**What to work on:** Word for word, transcribe all the entries shown below.

===== The records

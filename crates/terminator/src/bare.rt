//! For which types the terminator issues ids.
ghost use Rattle.std.specs.Prelude.{◌≡◌, true, Some, IfNone, IfSome};
ghost use Rattle.command_tables.specs.Effects.{type_made};
ghost use Rattle.command_tables.specs.Table.{row_of};
ghost use Rattle.layer_model.specs.Ids.{is_bare};
ghost use Rattle.object_model.specs.Routes.{is_routed};
ghost use Rattle.terminator.specs.Shown.{IsPlain};

use command_tables::{CommandId, ObjectType, row};

/// Whether the terminator issues ids for objects of this type: dispatchable ones, and surfaces.
#[tactic(auto, unfolding(command_tables::specs::Tests::same_type))]
pub fn is_bare(ty: ObjectType) -> bool
    ensures { result ≡ is_bare ty }
{
    matches!(
        ty,
        ObjectType::Instance
            | ObjectType::PhysicalDevice
            | ObjectType::Device
            | ObjectType::Queue
            | ObjectType::CommandBuffer
            | ObjectType::Surface
    )
}

/// Whether a call on an object of this type goes to one driver.
#[tactic(auto, unfolding(command_tables::specs::Tests::same_type))]
pub fn is_routed(ty: ObjectType) -> bool
    ensures { result ≡ is_routed ty }
{
    matches!(
        ty,
        ObjectType::PhysicalDevice
            | ObjectType::Device
            | ObjectType::Queue
            | ObjectType::CommandBuffer
    )
}

/// The type of what a command makes, where the terminator issues ids for it.
pub fn issued_type(cmd: CommandId) -> Option<ObjectType>
    ensures made { IfSome result (λ t. type_made (row_of cmd).effect ≡ Some t) }
    ensures bare { IfSome result (λ t. is_bare t ≡ true) }
    ensures none { IfNone result (IsPlain (type_made (row_of cmd).effect)) }
{
    match row(cmd).effect.type_made() {
        None => None,
        Some(ty) => { if is_bare(ty) { Some(ty) } else { None } }
    }
}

==========

**Expected answer:**
filename crates/terminator/src/bare.rt
//! For which types the terminator issues ids.
ghost use Rattle.std.specs.Prelude.{◌≡◌, true, Some, IfNone, IfSome};
ghost use Rattle.command_tables.specs.Effects.{type_made};
ghost use Rattle.command_tables.specs.Table.{row_of};
ghost use Rattle.layer_model.specs.Ids.{is_bare};
ghost use Rattle.object_model.specs.Routes.{is_routed};
ghost use Rattle.terminator.specs.Shown.{IsPlain};

use command_tables::{CommandId, ObjectType, row};

/// Whether the terminator issues ids for objects of this type: dispatchable ones, and surfaces.
#[tactic(auto, unfolding(command_tables::specs::Tests::same_type))]
pub fn is_bare(ty: ObjectType) -> bool
    ensures { result ≡ is_bare ty }
{
    matches!(
        ty,
        ObjectType::Instance
            | ObjectType::PhysicalDevice
            | ObjectType::Device
            | ObjectType::Queue
            | ObjectType::CommandBuffer
            | ObjectType::Surface
    )
}

/// Whether a call on an object of this type goes to one driver.
#[tactic(auto, unfolding(command_tables::specs::Tests::same_type))]
pub fn is_routed(ty: ObjectType) -> bool
    ensures { result ≡ is_routed ty }
{
    matches!(
        ty,
        ObjectType::PhysicalDevice
            | ObjectType::Device
            | ObjectType::Queue
            | ObjectType::CommandBuffer
    )
}

/// The type of what a command makes, where the terminator issues ids for it.
pub fn issued_type(cmd: CommandId) -> Option<ObjectType>
    ensures made { IfSome result (λ t. type_made (row_of cmd).effect ≡ Some t) }
    ensures bare { IfSome result (λ t. is_bare t ≡ true) }
    ensures none { IfNone result (IsPlain (type_made (row_of cmd).effect)) }
{
    match row(cmd).effect.type_made() {
        None => None,
        Some(ty) => { if is_bare(ty) { Some(ty) } else { None } }
    }
}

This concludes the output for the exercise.